## THE PROBLEM
In the listing below, count the lines that contain the string "HashMap", and state that number without further words.

• • • •

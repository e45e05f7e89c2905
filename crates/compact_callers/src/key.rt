//! Values as keys: compared, looked up in a sorted slice and in a map.
ghost use Rattle.std.specs.Prelude.{◌≡◌, ◌↔◌, Some, IsTrue, OnOk, IfOk, IfErr};
ghost use Rattle.std.specs.List.{HoldsAt};
ghost use Rattle.std.specs.List.Sorted.{IsSorted, IsPartitionPoint};
ghost use Rattle.std.specs.Option.{unwrap_or};
ghost use Rattle.std.specs.HashMap.{get};
ghost use Rattle.std.specs.BTreeMap as sorted;
ghost use Rattle.compact_str.specs.Order.{same_text, text_cmp, text_order};

use compact_str::{CompactString, sorted_row_is_searchable};
use std::alloc::AllocFailed;
use std::cmp::Ordering;
use std::collections::{BTreeMap, HashMap};

/// Returns `true` if a word is the keyword.
#[tactic(auto, using(compact_str::proofs::ForCallers::caller_facts))]
pub fn is_keyword(word: &CompactString, keyword: &CompactString) -> bool
    ensures { IsTrue result ↔ (word.now.text ≡ keyword.now.text) }
{
    word == keyword
}

/// Returns `true` if one record sorts before another.
pub fn comes_first(first: &CompactString, second: &CompactString) -> bool
    ensures { IsTrue result ↔ (text_order first.now.text second.now.text ≡ Ordering.Less) }
{
    first < second
}

/// Searches a sorted slice for a word. `Err` is where it could be inserted: the words before are less, those from
/// there on greater.
#[tactic(auto, using(compact_str::proofs::ForCallers::caller_facts))]
pub fn place_of(words: &[CompactString], word: &CompactString) -> Result<usize, usize>
    requires { IsSorted text_cmp words.now }
    ensures found { IfOk result (HoldsAt (λ w. w.text ≡ word.now.text) words.now) }
    ensures absent { IfErr result
        (IsPartitionPoint (λ w. text_cmp w word.now ≡ Ordering.Less)
        (λ w. text_cmp w word.now ≡ Ordering.Greater) words.now) }
{
    sorted_row_is_searchable(words, word);
    words.binary_search(word)
}

/// Counts a word.
pub fn set_count(
    counts: &mut HashMap<CompactString, u32>,
    word: CompactString,
    count: u32,
) -> Result<(), AllocFailed<(CompactString, u32)>>
    ensures { OnOk result (get same_text counts.new word ≡ Some count) }
{
    counts.insert(word, count)?;
    Ok(())
}

/// Returns how often a word was counted, or 0.
pub fn count_of(counts: &HashMap<CompactString, u32>, word: &CompactString) -> u32
    ensures { result ≡ unwrap_or (get same_text counts.now word.now) 0 }
{
    counts.get(word).copied().unwrap_or(0)
}

/// Sets the rank of a word in a sorted table.
pub fn set_rank(
    ranks: &mut BTreeMap<CompactString, u32>,
    word: CompactString,
    rank: u32,
) -> Result<(), AllocFailed<(CompactString, u32)>>
    ensures { OnOk result (sorted.get text_cmp ranks.new word ≡ Some rank) }
{
    ranks.insert(word, rank)?;
    Ok(())
}
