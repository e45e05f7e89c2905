//! Lines read into strings that are used again.
ghost use Rattle.std.specs.Prelude.{◌≡◌, IfSome, OnSome, OnOk};
ghost use Rattle.std.specs.Io.BufRead.{drop_through, take_through};
ghost use Rattle.std.specs.Io.KnownBytes.{IsAtEnd};
ghost use Rattle.compact_str.specs.Text.{utf8};
ghost use Rattle.compact_ext.specs.Lines.{newline};

use compact_ext::{ReadLineError, read_line};
use compact_str::CompactString;
use std::alloc::Global;
use std::io;
use std::io::{BufRead, ErrorKind};

/// Reads a record of two lines, its key and its value. Returns `false` at the end.
pub fn next_pair<R: BufRead>(
    reader: &mut R,
    key: &mut CompactString,
    value: &mut CompactString,
) -> Result<bool, ReadLineError>
    ensures key { OnOk result (IfSome (R.remaining reader.old)
        (λ bytes. utf8 key.new.text ≡ take_through newline bytes)) }
    ensures value { OnOk result (IfSome (R.remaining reader.old)
        (λ bytes. utf8 value.new.text ≡ take_through newline (drop_through newline bytes))) }
{
    key.clear();
    let len = read_line(reader, key)?;
    value.clear();
    read_line(reader, value)?;
    Ok(len > 0)
}

/// Returns the length of the longest line in bytes, with its newline. Reads to the end.
pub fn longest_line<R: BufRead>(alloc: Global, reader: &mut R) -> Result<usize, ReadLineError>
    ensures end { OnOk result
        (OnSome (R.remaining reader.old) (IsAtEnd (R.remaining reader.new))) }
{
    let mut line = CompactString::default(alloc);
    let mut longest = 0;
    'lines: for _ in 0..u64::MAX {
        line.clear();
        let len = read_line(reader, &mut line)?;
        if len == 0 {
            return Ok(longest);
        }
        longest = longest.max(len);
    }
    Err(ReadLineError::from(io::Error::from(ErrorKind::TimedOut)))
}

/// Returns the first line of a text without its newline, with an I/O error.
pub fn first_line<R: BufRead>(alloc: Global, reader: &mut R) -> io::Result<CompactString> {
    let mut line = CompactString::default(alloc);
    read_line(reader, &mut line)?;
    if line.as_str().ends_with('\n') {
        line.pop();
    }
    Ok(line)
}
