//! Parts of a text as ranges.
ghost use Rattle.std.specs.Prelude.{◌≡◌, ◌≤◌, ◌-◌, ◌++◌, [], IfSome, OnOk, OnErr, codes, take, drop};
ghost use Rattle.compact_str.specs.Text.{size, text_of, utf8};
ghost use Rattle.compact_str.specs.Cut.{IsBoundary, replaced_text, substring};

use compact_str::{CompactString, ReserveError};

/// Removes a byte order mark: the first three bytes.
pub fn drop_mark(line: &mut CompactString) -> Result<(), ReserveError>
    requires { IsBoundary line.old.text 3 }
    ensures text { OnOk result (line.new.text ≡ replaced_text line.old.text 0 3 []) }
    ensures unchanged { OnErr result (line.new ≡ line.old) }
{
    line.drain_within(..3)?;
    Ok(())
}

/// Overwrites a part of a line with `"xy"`.
#[tactic(auto, using(compact_str::proofs::ForCallers::caller_facts))]
pub fn cover(line: &mut CompactString, start: usize, end: usize) -> Result<(), ReserveError>
    requires order { start ≤ end }
    requires first { IsBoundary line.old.text start }
    requires last { IsBoundary line.old.text end }
    ensures text { OnOk result
        (line.new.text ≡ replaced_text line.old.text start end (codes "xy")) }
    ensures unchanged { OnErr result (line.new ≡ line.old) }
{
    line.replace_within(start..end, "xy")
}

/// Appends the part of a line from `start` once more.
#[tactic(auto, using(compact_str::proofs::RangeFacts::range_facts))]
pub fn repeat_from(line: &mut CompactString, start: usize) -> Result<(), ReserveError>
    requires { IsBoundary line.old.text start }
    ensures text { OnOk result (line.new.text
        ≡ line.old.text ++ substring line.old.text start (size line.old.text)) }
    ensures unchanged { OnErr result (line.new ≡ line.old) }
{
    line.extend_from_within(start..)
}

/// Returns the part between two byte positions, if both are boundaries.
pub fn part_between(line: &CompactString, first: usize, last: usize) -> Option<&str>
    ensures { IfSome result (λ s. text_of s.now ≡ substring line.now.text first last) }
{
    if first <= last && line.is_char_boundary(first) && line.is_char_boundary(last) {
        Some(line.range_within(first..last))
    } else {
        None
    }
}

/// The same by index, with the contract in bytes.
pub fn bytes_between(line: &CompactString, first: usize, last: usize) -> Option<&str>
    ensures { IfSome result (λ s. s.now ≡ take (last - first) (drop first (utf8 line.now.text))) }
{
    if first <= last && line.is_char_boundary(first) && line.is_char_boundary(last) {
        Some(&line[first..last])
    } else {
        None
    }
}
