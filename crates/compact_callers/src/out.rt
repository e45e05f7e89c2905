//! Values converted to `String` and bytes, and made from JSON.
ghost use Rattle.std.specs.Prelude.{◌≡◌, ◌++◌, IfOk, IfErr, IfSome, IsOk, string_bytes};
ghost use Rattle.serde_json.specs.View.{view as json_view};
ghost use Rattle.serde_json.specs.Data.{string as json_string};
ghost use Rattle.compact_str.specs.Text.{text_of, utf8};
ghost use Rattle.compact_str.specs.Value.{IsHeap};

use compact_str::{CompactString, FromJsonError, Refused, ReserveError};
use serde_json::Value;
use std::alloc::Global;

/// Joins two fields into a `String`.
pub fn finished_line(alloc: Global, first: &str, second: &str) -> Result<String, ReserveError>
    ensures { IfOk result
        (λ s. text_of (string_bytes s) ≡ text_of first.now ++ text_of second.now) }
{
    let mut line = CompactString::new(alloc, first)?;
    line.push_str(second)?;
    Ok(line.into_string()?)
}

/// Converts a line to bytes, or returns it if allocation fails, which it never does for a line on the heap.
pub fn bytes_of_line(line: CompactString) -> Result<Vec<u8>, Refused<CompactString>>
    ensures text { IfOk result (λ v. text_of v.items ≡ line.text) }
    ensures stays { IfErr result (λ back. back.value ≡ line) }
    ensures succeeds { IsHeap line → IsOk result }
{
    line.into_vec()
}

/// Returns the name in a JSON value, or `None` if that is not a string.
pub fn name_of(alloc: Global, value: &Value) -> Result<Option<CompactString>, ReserveError>
    ensures { IfOk result
        (λ name. IfSome name (λ v. json_view value.now ≡ json_string (utf8 v.text))) }
{
    match CompactString::from_json(alloc, value) {
        Ok(name) => Ok(Some(name)),
        Err(FromJsonError::NotAString) => Ok(None),
        Err(FromJsonError::Reserve(error)) => Err(error),
    }
}
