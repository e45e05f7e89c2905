//! `&str` methods on a value, and functions that take a `&str`, as written for a `String`.
#![tactic(auto, using(compact_str::proofs::ForCallers::caller_facts))]

ghost use Rattle.std.specs.Prelude.{◌≡◌, ◌+◌, ◌^◌, ◌≤◌, ◌++◌, length, IfOk, OnOk, OnErr, IsOk, MatchOption, codes};
ghost use Rattle.compact_str.specs.Text.{text_of, size};

use compact_str::{CompactString, ReserveError};
use std::alloc::{AllocError, Global};
use std::convert::AsStr;

/// Keeps the key of a `key=value` field and returns its value. Returns `None`, with the field unchanged, if it has no
/// `=`.
pub fn split_at_equals(field: &mut CompactString) -> Result<Option<CompactString>, ReserveError>
    ensures parts { IfOk result (λ value. MatchOption value (field.new ≡ field.old)
        (λ v. field.old.text ≡ field.new.text ++ codes "=" ++ v.text)) }
    ensures unchanged { OnErr result (field.new ≡ field.old) }
{
    let Some(at) = field.find('=') else {
        return Ok(None);
    };
    let value = field.split_off(at + 1)?;
    field.truncate(at);
    Ok(Some(value))
}

/// Returns the length in bytes.
fn bytes_in(text: &str) -> usize
    ensures { result ≡ length text.now }
{
    text.len()
}

/// Returns the total length of two values, each passed as a `&str`.
pub fn bytes_of_both(first: &CompactString, second: &CompactString) -> Option<usize>
    ensures { MatchOption result (2 ^ 64 ≤ size first.now.text + size second.now.text)
        (λ n. n ≡ size first.now.text + size second.now.text) }
{
    bytes_in(first).checked_add(bytes_in(second))
}

/// Appends a value to another.
pub fn append_other(line: &mut CompactString, other: &CompactString) -> Result<(), ReserveError>
    ensures text { OnOk result (line.new.text ≡ line.old.text ++ other.now.text) }
    ensures unchanged { OnErr result (line.new ≡ line.old) }
    ensures succeeds { size line.old.text + size other.now.text ≤ 24 → IsOk result }
{
    line.push_str(other)
}

/// Parses the number between a line's spaces.
pub fn number_in(line: &CompactString) -> Option<u32> {
    line.trim().parse::<u32>().ok()
}

/// Returns the length in bytes of the longest word.
pub fn longest_word(line: &CompactString) -> usize {
    line.split_whitespace()
        .map(|word| word.len())
        .max()
        .unwrap_or(0)
}

/// Counts the lines that are not all spaces.
pub fn filled_lines(text: &CompactString) -> usize {
    text.lines()
        .filter(|line| !line.trim_start().is_empty())
        .count()
}

/// Counts the characters.
pub fn characters_of(line: &CompactString) -> usize
    ensures { result ≡ length line.now.text }
{
    line.chars().count()
}

/// Returns the name, or `"none"`.
pub fn shown_name(name: &Option<CompactString>) -> &str
    ensures { MatchOption name.now (result.now ≡ codes "none") (λ v. text_of result.now ≡ v.text) }
{
    name.as_deref().unwrap_or("none")
}

/// Returns the length in bytes of anything that has a text.
pub fn weight<T: AsStr>(text: &T) -> usize
    ensures { result ≡ length (T.text text.now) }
{
    text.as_str().len()
}

/// Calls `weight` on a value.
pub fn weight_of(value: &CompactString) -> usize
    ensures { result ≡ size value.now.text }
{
    weight(value)
}

/// Joins texts with commas into a `String`.
pub fn with_commas(alloc: Global, row: &[CompactString]) -> Result<String, AllocError> {
    row.join(alloc, ",")
}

• • • •

## THE ANSWER
4